**MATERIAL PROVIDED**
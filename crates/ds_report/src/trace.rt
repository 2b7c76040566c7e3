//! The trace of a run: what each thread did, in its own order.

ghost use Rattle.std.specs.Prelude.{◌≡◌, ◌++◌, OnOk, codes, decimal};
ghost use Rattle.ds_report.specs.Trace.{full_text, word_text, life_text, pair_text, event_text, event_line};
ghost use Rattle.ds_report.specs.Trace.{thread_lines, trace_lines};
ghost use Rattle.ds_report.specs.Text.{signed_text};

use crate::text::{push, push_counted, push_hex, push_number, push_signed, push_word};
use ds_core::Steps;
use ds_map::address;
use ds_step::{Event, FullWhat, Step};
use std::alloc::{AllocError, Global};

/// Adds which room is full.
pub fn push_full(text: &mut Vec<u8>, what: FullWhat) -> Result<(), AllocError>
    ensures { OnOk result (text.new.items ≡ text.old.items ++ full_text what) }
{
    match what {
        FullWhat::Logs => push(text, b"logs"),
        FullWhat::Hash => push(text, b"hash"),
    }
}

/// Adds what an event did to a word: its address, and what it holds afterwards.
fn push_access(
    alloc: Global,
    text: &mut Vec<u8>,
    what: &[u8],
    loc: u32,
    value: u64,
) -> Result<(), AllocError>
    ensures { OnOk result (text.new.items ≡ text.old.items ++ word_text what.now loc value) }
{
    push(text, what)?;
    push_hex(alloc, text, address(loc))?;
    push(text, b" ")?;
    push_hex(alloc, text, value)
}

/// Adds an address and a life.
fn push_life(
    alloc: Global,
    text: &mut Vec<u8>,
    what: &[u8],
    address: u64,
    life: u32,
) -> Result<(), AllocError>
    ensures { OnOk result (text.new.items ≡ text.old.items ++ life_text what.now address life) }
{
    push(text, what)?;
    push_hex(alloc, text, address)?;
    push(text, b" ")?;
    push_number(text, life)
}

/// Adds two numbers.
fn push_pair(text: &mut Vec<u8>, what: &[u8], m: u32, n: u32) -> Result<(), AllocError>
    ensures { OnOk result (text.new.items ≡ text.old.items ++ pair_text what.now m n) }
{
    push(text, what)?;
    push_number(text, m)?;
    push(text, b" ")?;
    push_number(text, n)
}

/// Adds the text of a print.
fn push_print(text: &mut Vec<u8>, value: u64) -> Result<(), AllocError>
    ensures { OnOk result (text.new.items ≡ text.old.items ++ (codes "print " ++ signed_text value)) }
{
    push(text, b"print ")?;
    push_signed(text, value)
}

/// Adds the text of the end of a thread at a full table.
fn push_full_event(text: &mut Vec<u8>, what: FullWhat) -> Result<(), AllocError>
    ensures { OnOk result (text.new.items ≡ text.old.items ++ (codes "full " ++ full_text what)) }
{
    push(text, b"full ")?;
    push_full(text, what)
}

/// Adds the text of an event. Those of the machine's own records have none.
fn push_event(alloc: Global, text: &mut Vec<u8>, event: Event) -> Result<(), AllocError>
    ensures { OnOk result (text.new.items ≡ text.old.items ++ event_text event) }
{
    match event {
        Event::Begin => push(text, b"begin"),
        Event::Spawn { n, .. } => push_counted(text, b"spawn ", n),
        Event::SpawnRefused => push(text, b"spawn refused"),
        Event::Join { n } => push_counted(text, b"join ", n),
        Event::End => push(text, b"end"),
        Event::Print { value, .. } => push_print(text, value),
        Event::Load { loc, value } => push_access(alloc, text, b"load ", loc, value),
        Event::Store { loc, value } => push_access(alloc, text, b"store ", loc, value),
        Event::Exchange { loc, value } => push_access(alloc, text, b"exchange ", loc, value),
        Event::Assign { page, class } => push_pair(text, b"assign ", page, u32::from(class)),
        Event::Taken { place } => push_counted(text, b"taken ", place),
        Event::TakenPage { page } => push_counted(text, b"taken page ", page),
        Event::Block { start, life, .. } => push_life(alloc, text, b"block ", start, life),
        Event::Found { start, life, .. } => push_life(alloc, text, b"found ", start, life),
        Event::Skip => push(text, b"skip"),
        Event::Noted { life, loc, .. } => push_life(alloc, text, b"noted ", address(loc), life),
        Event::BeginFree { place, life } => push_pair(text, b"begin free ", place, life),
        Event::Mark { loc } => push_word(alloc, text, b"mark ", address(loc)),
        Event::Seen { loc } => push_word(alloc, text, b"seen ", address(loc)),
        Event::EndFree { place } => push_counted(text, b"end free ", place),
        Event::Trap => push(text, b"trap"),
        Event::Full { what } => push_full_event(text, what),
        Event::Log => Ok(()),
    }
}

/// Adds the line of an event that is none of the machine's own records.
fn push_shown(
    alloc: Global,
    text: &mut Vec<u8>,
    thread: usize,
    event: Event,
) -> Result<(), AllocError>
    ensures { OnOk result (text.new.items ≡ text.old.items
        ++ (decimal thread ++ codes " " ++ event_text event ++ codes "\n")) }
{
    push_number(text, thread)?;
    push(text, b" ")?;
    push_event(alloc, text, event)?;
    push(text, b"\n")
}

/// Adds the line of an event of a thread.
fn push_event_line(
    alloc: Global,
    text: &mut Vec<u8>,
    thread: usize,
    event: Event,
) -> Result<(), AllocError>
    ensures { OnOk result (text.new.items ≡ text.old.items ++ event_line thread event) }
{
    if let Event::Log = event {
        return Ok(());
    }
    push_shown(alloc, text, thread, event)
}

/// Adds the lines of a thread.
fn push_thread_lines(
    alloc: Global,
    text: &mut Vec<u8>,
    thread: usize,
    steps: &[Step],
) -> Result<(), AllocError>
    ensures { OnOk result (text.new.items ≡ text.old.items ++ thread_lines thread steps.now) }
{
    for step in steps {
        push_event_line(alloc, text, thread, step.event)?;
    }
    Ok(())
}

/// Adds the lines of all threads, in number order.
pub fn push_trace_lines(
    alloc: Global,
    text: &mut Vec<u8>,
    traces: &[Steps],
) -> Result<(), AllocError>
    ensures { OnOk result (text.new.items ≡ text.old.items ++ trace_lines traces.now) }
{
    for (thread, steps) in traces.iter().enumerate() {
        push_thread_lines(alloc, text, thread, steps.as_slice())?;
    }
    Ok(())
}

**WHAT THIS TASK INVOLVES**
Report every line of the data in which "records" appears.

**OUTPUT BELOW**
/// Adds the text of an event. Those of the machine's own records have none.
/// Adds the line of an event that is none of the machine's own records.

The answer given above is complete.